OTOH will AI be able to abuse parasociality? Yes, of course, o b v i o u s l y.
I would agree that we probably ought to ban AI mimicking humans but I personally would have to spend more time thinking about it to have a fully fleshed out reasoning why beyond the superficial “obviously this sounds dangerous”.
I watched the webinar from Justin Wolfers on ChatGPT and homework.
It was quite good, but mostly in terms of trying to get instructors to face reality. For example, emphasizing that GPT is perfectly capable of producing decent, not-identifiably-AI writing, not just in response to your initial question but also in response to followups like "write a reflection on how you used ChatGPT to write this essay". AI detection tools don't work, it's easy to prompt it out of its default voice, etc. There is no known way around this and unless your class is small enough that you can do individual verbal assessments you're going to have a bad time.
It was unfortunately somewhat lacking in actual solutions, which I guess means there really aren't any.

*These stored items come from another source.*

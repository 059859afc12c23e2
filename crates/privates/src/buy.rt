//! A purchase: in a turn a seat buys the cheapest unsold private, at the bank's price. What comes
//! with the private follows, and the bids on the next one are settled at once.
ghost use Rattle.std.specs.Prelude.{◌≡◌, ◌<◌, OnOk};
ghost use Rattle.totals.specs.LookBack.{with_events};
ghost use Rattle.privates.specs.Bank.{MayPay, price_of_private};
ghost use Rattle.privates.specs.Buy.{after_private_purchase, private_purchase_rules};
ghost use Rattle.privates.specs.Underway.{IsUnderway};
ghost use Rattle.tables.specs.Rules.{first_broken};

use crate::bank::{is_cheapest, is_short, price_of_private};
use crate::sale::{sell, settle_all};
use history::{GameView, History, OpeningRule};
use std::alloc::AllocError;
use tables::{Private, Seat, rules};

/// Returns the first rule that a purchase breaks.
pub(crate) fn judge_purchase(
    view: &GameView,
    seat: Seat,
    private: Private,
    turn_used: bool,
) -> Option<OpeningRule>
    ensures { result ≡ first_broken
        (private_purchase_rules view.now.seats view.now.events seat turn_used private) }
{
    let owners = view.owners();
    rules! { OpeningRule
        Sold: owners.is_sold(private),
        NotCheapest: !is_cheapest(&owners, private),
        CashTooSmall: is_short(view, seat, private, price_of_private(view, private)),
        TurnUsed: turn_used,
    }
}

/// Buys a private for a seat at the bank's price.
pub(crate) fn buy(history: &mut History, seat: Seat, private: Private) -> Result<(), AllocError>
    requires at_table { seat.0 < history.old.seats }
    requires may { MayPay history.old.seats history.old.events seat private
        (price_of_private history.old.events private) }
    requires underway { IsUnderway history.old }
    ensures after { OnOk result (history.new ≡ with_events history.old
        (after_private_purchase history.old.seats seat history.old.events private)) }
    ensures underway { OnOk result (IsUnderway history.new) }
{
    let price = price_of_private(&history.now(), private);
    sell(history, private, seat, price)?;
    settle_all(history)
}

The main suggestions were 1) add friction to using ChatGPT, for example by disabling copy/paste on your multiple choice questions, 2) come up with questions it will be not as good at, like analyzing graphs, 3) emphasize to students the value of actually learning things themselves. These were all very explicitly recognized as temporary band-aids.
> A 50% decline seems like a lot given how slowly people adapt new technology, and how often LLMs fail to be a good substitute. And the timing of the first decline does not match. But 5% seems suspiciously low. If I were to be trying to program, my use of stack overflow would be down quite a lot. And they’re laying off 28% of the workforce for some reason. How to reconcile all this? Presumably Stack Overflow is doing its best to sell a bad situation. Or perhaps there are a lot of AIs pinging their website.
Assuming it's true that StackOverflow has only been getting 5% less traffic, here is another possible explanation. An increase in the number of coders - thanks to ChatGPT and co. making coding more accessible - may have largely offset the decline in the average StackExchange usage per coder.
I find myself reading every single one of these newsletters so at this point it seems like something that provides enough value to me to be worth a paid sub. My question is, do you need/want to make use of the sub money or would you rather I redirect it to a donation somewhere (my preference would be towards an AI x-risk org, but up to you)?
Done. Thank you for writing. FWIW, I filter a lot of the AI safety/x-risk content down to my workplace in a Slack channel of about 90 or so people so hopefully it makes a little bit of downstream impact as well.
> "(up to a point, but quite sufficiently for this case) a universal rule of sticking up for one’s own values and interests and everyone having a perspective is a much better universal system than everyone trying to pretend that they don’t have such a perspective and that they their preferences should be ignored"
Typo alert: the second "they" should be removed. But as a supporter of "bird perspectives" in general, I have more to say on this particular, anti-bird-perspective, statement.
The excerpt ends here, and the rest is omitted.